RECORDS SHOWN START

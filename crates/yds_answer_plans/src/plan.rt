//! `plan`: the document's jobs and points with the slots and the levels of a plan of its jobs.
ghost use Rattle.std.specs.Prelude.{IfOk};
ghost use Rattle.yds_model.specs.PlanAnswer.{PlanAnswer};
ghost use Rattle.yds_answer.specs.Endings.{Replies};
ghost use Rattle.yds_model.specs.Answer.{AnswersQuestion};
ghost use Rattle.yds_model.specs.Request.{AskPlan};
ghost use Rattle.document_value.specs.Documents.{document_view};
ghost use Rattle.yds_answer_plans.specs.Plan.{plan_text};

use document_text::print;
use document_value::Document;
use std::alloc::Global;
use yds_answer::{Answer, reply};
use yds_model::{Memory, Status};
use yds_plan::plan;
use yds_port::{Sink, WriteFault};

/// A document with the plan of its jobs.
#[derive(Drop)]
pub struct PlannedDocument<'a> {
    document: Document<'a>,
}

impl Answer for PlannedDocument<'_> {
    ghost use Rattle.base.specs.declared.status.Status.TheVariants as statuses;
    ghost use Rattle.yds_answer_plans.specs.Plan.{plan_text};

    ghost text = { plan_text };

    ghost ends = { λ _. statuses.Done };

    fn status(&self) -> Status {
        Status::Done
    }

    fn write<K: Sink>(&self, sink: &mut K) -> Result<(), WriteFault> {
        print(&self.document, sink)
    }
}

/// Answers with a plan of the document's jobs.
pub fn answer_plan<K: Sink>(alloc: Global, document: Document<'_>, sink: &mut K) -> Status
    ensures { Replies K.written K.flushed K.flushes K.faults (AnswersQuestion AskPlan (document_view document.entry)) result sink.old sink.new }
{
    reply(plan_document(alloc, document), sink)
}

/// Plans the document's jobs.
fn plan_document<'a>(alloc: Global, document: Document<'a>) -> Result<PlannedDocument<'a>, Memory>
    ensures { IfOk result (λ planned. PlanAnswer (document_view document.entry) (plan_text planned) Status.Done) }
{
    let planned = plan(alloc, document.instance.rows())?;
    // Reading the slots and the levels shows that they are within the limits.
    let _slots = planned.schedule.slots();
    let _levels = planned.certificate.levels();
    let document = document.with_answer(planned.schedule, planned.certificate, None, None);
    Ok(PlannedDocument { document })
}
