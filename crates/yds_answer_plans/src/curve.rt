//! `curve`: the speeds at which the least excess of the document's jobs bends, each in a line with the excess above it.
ghost use Rattle.std.specs.Prelude.{◌≡◌, flat_map, IfOk};
ghost use Rattle.yds_model.specs.CurveAnswer.{CurveAnswer, break_line};
ghost use Rattle.yds_answer.specs.Endings.{Replies};
ghost use Rattle.yds_model.specs.Answer.{AnswersQuestion};
ghost use Rattle.yds_model.specs.Request.{AskCurve};
ghost use Rattle.document_value.specs.Documents.{document_view};
ghost use Rattle.yds_port.specs.Sink.{Puts};
ghost use Rattle.yds_answer_plans.specs.Curve.{breaks_text};

use document_value::Document;
use std::alloc::Global;
use text_line::LineBuffer;
use yds_answer::{Answer, reply};
use yds_curve::{Break, curve};
use yds_fraction::Amount;
use yds_model::{Memory, Status};
use yds_plan::plan_levels;
use yds_port::{Sink, WriteFault, write_all};

/// The breaks of the curve of a document's jobs.
#[derive(Drop)]
pub struct Breaks {
    breaks: Vec<Break>,
}

impl Answer for Breaks {
    ghost use Rattle.base.specs.declared.status.Status.TheVariants as statuses;
    ghost use Rattle.yds_answer_plans.specs.Curve.{breaks_text};

    ghost text = { breaks_text };

    ghost ends = { λ _. statuses.Done };

    fn status(&self) -> Status {
        Status::Done
    }

    fn write<K: Sink>(&self, sink: &mut K) -> Result<(), WriteFault> {
        write_breaks(&self.breaks, sink)
    }
}

/// A line for each break, in rising order of speed.
fn write_breaks<K: Sink>(breaks: &[Break], sink: &mut K) -> Result<(), WriteFault>
    ensures { Puts K.written K.flushed K.flushes K.faults result (flat_map break_line breaks.now) sink.old sink.new }
{
    let mut line = LineBuffer::new("");
    for bend in breaks {
        put_break(&mut line, bend);
        write_all(sink, line.as_bytes())?;
    }
    Ok(())
}

/// Makes the line of a break: its speed, in work per time unit, and the least excess above it, both in lowest terms.
fn put_break(line: &mut LineBuffer, bend: &Break)
    ensures { line.new ≡ break_line bend.now }
{
    let parts = u128::from(bend.speed.num());
    line.restart("break");
    line.push_fraction(Amount::of_parts(parts, bend.speed.den()));
    line.push_fraction(bend.excess);
    line.push_end();
}

/// Answers with the curve of least excess of the document's jobs.
pub fn answer_curve<K: Sink>(alloc: Global, document: Document<'_>, sink: &mut K) -> Status
    ensures { Replies K.written K.flushed K.flushes K.faults (AnswersQuestion AskCurve (document_view document.entry)) result sink.old sink.new }
{
    reply(curve_document(alloc, &document), sink)
}

/// Plans the document's jobs, for the curve of the plan's levels.
fn curve_document(alloc: Global, document: &Document<'_>) -> Result<Breaks, Memory>
    ensures { IfOk result (λ told. CurveAnswer (document_view document.now) (breaks_text told) Status.Done) }
{
    let certificate = plan_levels(alloc, document.instance.rows())?;
    let breaks = curve(alloc, &certificate)?;
    Ok(Breaks { breaks })
}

RECORDS SHOWN END

Pull out all lines from the entries above in which the word "flushes" appears.

EXPECTED ANSWER:
    ensures { Replies K.written K.flushed K.flushes K.faults (AnswersQuestion AskPlan (document_view document.entry)) result sink.old sink.new }
    ensures { Puts K.written K.flushed K.flushes K.faults result (flat_map break_line breaks.now) sink.old sink.new }
    ensures { Replies K.written K.flushed K.flushes K.faults (AnswersQuestion AskCurve (document_view document.entry)) result sink.old sink.new }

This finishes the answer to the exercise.